V2 receptor antagonists have been comparably effective in liver cirrhosis and cardiac failure; this has been demonstrated in experimental animals as well as in patients (38,39,40). Inoue et al. (40) administered OPC 31260, a first-generation, oral, V2 vasopressin receptor antagonist, to eight patients with biopsyproven cirrhosis (Child-Pugh stage A or B). OPC 31260 caused hypotonic diuresis. The urinary flow rate approximately tripled. However, renal function must be monitored closely for signs of potential deterioration in cirrhosis when vasopressin antagonists are administered for longer times, as demonstrated in studies with VPA 985, a structurally dissimilar V2 receptor antagonist (38). Similarly, the hyponatremia of the syndrome of inappropriate secretion of antidiuretic hormone was treatable with V2 receptor antagonists in animal models (41,42) and in patients (38,43).

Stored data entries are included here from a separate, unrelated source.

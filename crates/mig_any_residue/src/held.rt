//! Each optic's residue as that of an `AnyOptic`, so that all are parted by one function.
ghost use Rattle.std.specs.Prelude.{◌≡◌, ◌+◌, ◌≤◌, IfOk, map};
ghost use Rattle.mig_value.specs.View.{typed_of};
ghost use Rattle.mig_path.specs.Path.{foci, Takes, crossed};
ghost use Rattle.mig_path.specs.Rest.{rest_for};

use crate::AnyResidue;
use crate::any_residue::Held;
use mig_path::{Counter, Here, HereRest, Memory, Optic, Side, SideRest, Value};
use mig_record_optic::{CaseOf, CaseRest, FieldAt, Hole, MayField, MayRest};
use mig_typed_optic::{Cross, CrossRest, Each, EachRest};
use std::alloc::Global;

/// An optic whose residue an `AnyResidue` holds.
pub trait HeldOptic<'a>: Optic<'a> {
    /// The residue as that of an `AnyOptic`.
    fn hold(residue: Self::Residue) -> AnyResidue<'a>
        ensures { result ≡ Self.rest residue };
}

impl<'a> HeldOptic<'a> for Here {
    fn hold(residue: HereRest) -> AnyResidue<'a> {
        AnyResidue::new(Held::Whole)
    }
}

impl<'a> HeldOptic<'a> for FieldAt {
    fn hold(residue: Hole<'a>) -> AnyResidue<'a> {
        AnyResidue::new(Held::Field(residue))
    }
}

impl<'a> HeldOptic<'a> for MayField {
    fn hold(residue: MayRest<'a>) -> AnyResidue<'a> {
        AnyResidue::new(Held::May(residue))
    }
}

impl<'a> HeldOptic<'a> for CaseOf {
    fn hold(residue: CaseRest<'a>) -> AnyResidue<'a> {
        AnyResidue::new(Held::Case(residue))
    }
}

impl<'a> HeldOptic<'a> for Each {
    fn hold(residue: EachRest) -> AnyResidue<'a> {
        AnyResidue::new(Held::Each(residue))
    }
}

impl<'a> HeldOptic<'a> for Side {
    fn hold(residue: SideRest<'a>) -> AnyResidue<'a> {
        AnyResidue::new(Held::Side(residue))
    }
}

impl<'a> HeldOptic<'a> for Cross {
    fn hold(residue: CrossRest<'a>) -> AnyResidue<'a> {
        AnyResidue::new(Held::Cross(residue))
    }
}

/// Parts a value by one optic.
pub fn part_held<'a, O: HeldOptic<'a>, C: Counter>(
    optic: &O,
    alloc: Global,
    value: Value<'a>,
    steps: &mut C,
) -> Result<(Vec<Value<'a>>, AnyResidue<'a>), Memory>
    requires { Takes (O.path optic.now) (typed_of value) }
    ensures foci { IfOk result (λ x. map typed_of x.0.items ≡ foci (O.path optic.now) (typed_of value.entry)) }
    ensures rest { IfOk result (λ x. x.1 ≡ rest_for (O.path optic.now) (typed_of value.entry)) }
    ensures exact { IfOk result (λ _. C.counted steps.new ≡ C.counted steps.old
        + crossed (O.path optic.now) (typed_of value.entry)) }
    ensures count { C.counted steps.new ≤ C.counted steps.old + crossed (O.path optic.now) (typed_of value.entry) }
    ensures grows { C.counted steps.old ≤ C.counted steps.new }
{
    let (foci, residue) = optic.part(alloc, value, steps)?;
    Ok((foci, O::hold(residue)))
}
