//! What any optic leaves of a value.
ghost use Rattle.std.specs.Prelude.{◌≡◌, IfOk, map};
ghost use Rattle.mig_path.specs.Rest.{both, groups_of};
ghost use Rattle.mig_any_residue.specs.HeldView.{held_rest, group_pair};

use mig_path::{Memory, SideRest};
use mig_record_optic::{CaseRest, Hole, MayRest};
use mig_typed_optic::{CrossRest, EachRest};
use std::alloc::Global;
use std::marker::Model;

/// What is left of a value without the foci of an `AnyOptic`. Contracts see the rest that it stands for.
#[cycle(any_residue)]
#[derive(Debug)]
pub struct AnyResidue<'a> {
    held: Held<'a>,
}

impl Drop for AnyResidue<'_> {
    #[cycle(drops)]
    fn drop(self) {
        let AnyResidue { held } = self;
        drop(held);
    }
}

/// The residue of each optic.
#[cycle(any_residue)]
#[derive(Debug, Drop)]
pub(crate) enum Held<'a> {
    Whole,
    Field(Hole<'a>),
    May(MayRest<'a>),
    Case(CaseRest<'a>),
    Each(EachRest),
    Side(SideRest<'a>),
    Cross(CrossRest<'a>),
    Both(Box<AnyResidue<'a>>, AnyGroups<'a>),
}

/// What is left of one focus of the first optic, and how many foci the second has there.
#[cycle(any_residue)]
#[derive(Debug, Drop)]
pub struct AnyGroup<'a> {
    pub count: usize,
    pub residue: AnyResidue<'a>,
}

/// What is left of each focus of the first optic.
#[cycle(any_residue)]
#[derive(Debug)]
pub struct AnyGroups<'a> {
    list: Vec<AnyGroup<'a>>,
}

impl Drop for AnyGroups<'_> {
    #[cycle(drops)]
    fn drop(self) {
        let AnyGroups { list } = self;
        drop(list);
    }
}

impl<'a> Model for AnyResidue<'a> {
    ghost use Rattle.mig_path.specs.Rest.{Residual};
    ghost use Rattle.mig_any_residue.specs.RestCode.{rest_size, coded_rest};

    ghost Value = { Residual };

    ghost coded = { coded_rest };

    ghost use Rattle.mig_any_residue.specs.HeldView.{held_rest};

    ghost view = { λ a. held_rest a.held };

    ghost size = { rest_size };

    ghost use Rattle.std.proofs.Common.{arith};
    ghost use Rattle.mig_any_residue.specs.HeldFalls.{deep_rest};

    ghost size_decreases = { λ a h. omega (arith, deep_rest a.held) };
}

impl<'a> Model for AnyGroups<'a> {
    ghost use Rattle.std.specs.Prelude.{List, ℕ, map};
    ghost use Rattle.mig_path.specs.Rest.{Residual};
    ghost use Rattle.mig_any_residue.specs.RestCode.{list_size, coded_groups};

    ghost Value = { List (ℕ × Residual) };

    ghost coded = { coded_groups };

    ghost use Rattle.mig_any_residue.specs.HeldView.{group_pair};

    ghost view = { λ a. map group_pair a.list.items };

    ghost size = { list_size };

    ghost use Rattle.std.proofs.Common.{arith};
    ghost use Rattle.mig_any_residue.specs.HeldFalls.{most_groups};

    ghost size_decreases = { λ a h. omega (arith, most_groups a.list.items) };
}

impl<'a> AnyResidue<'a> {
    /// The residue that holds this.
    pub(crate) fn new(held: Held<'a>) -> AnyResidue<'a>
        ensures { result ≡ held_rest held.entry }
    {
        AnyResidue { held }
    }

    /// The residue of an optic after another: that of the first, and that of the second at each focus of it.
    pub fn both(
        alloc: Global,
        outer: AnyResidue<'a>,
        inner: Vec<AnyGroup<'a>>,
    ) -> Result<AnyResidue<'a>, Memory>
        ensures { IfOk result (λ r. r ≡ both outer.entry (groups_of (map group_pair inner.entry.items))) }
    {
        let outer = Box::new(alloc, outer)?;
        Ok(AnyResidue::new(Held::Both(outer, AnyGroups::new(inner))))
    }

    /// Gives up what it holds.
    pub(crate) fn into_held(self) -> Held<'a>
        ensures { held_rest result ≡ self.entry }
    {
        let AnyResidue { held } = self;
        held
    }
}

impl<'a> AnyGroups<'a> {
    /// These groups.
    pub(crate) fn new(list: Vec<AnyGroup<'a>>) -> AnyGroups<'a>
        ensures { result ≡ map group_pair list.entry.items }
    {
        AnyGroups { list }
    }

    /// Gives the groups up.
    pub(crate) fn into_vec(self) -> Vec<AnyGroup<'a>>
        ensures { map group_pair result.items ≡ self.entry }
    {
        let AnyGroups { list } = self;
        list
    }
}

The treatment of hyponatremia will become more promising when new oral vasopressin antagonists are available. Whether such agents will also have an effect on thirst remains to be determined; to date, no such effect has been described. Work must also be performed to investigate the predictability of the correction rate for given cases of hyponatremia when vasopressin antagonists are used. No guidelines for prediction are currently available. Other questions are whether vasopressin antagonists would lower the portal pressure in cirrhosis of the liver and whether they would increase the GFR in patients with renal insufficiency. A final point concerns the role of hyponatremia in the prognosis of advanced congestive cardiac failure. It was conventionally thought that hyponatremia is an epiphenomenon related to the severity of congestive cardiac failure; however, on the basis of the potential reductions in cardiac preand afterloads by V1/2 receptor antagonists and the observations of Okada et al. (31), it is now conceivable that hyponatremia may contribute to the severity of congestive heart failure. In that case, vasopressin antagonists would accomplish substantially more than simply the improvement of some cerebral symptoms. It will be necessary to keep an open mind regarding the progress to be expected in the clinical applications of oral vasopressin antagonists.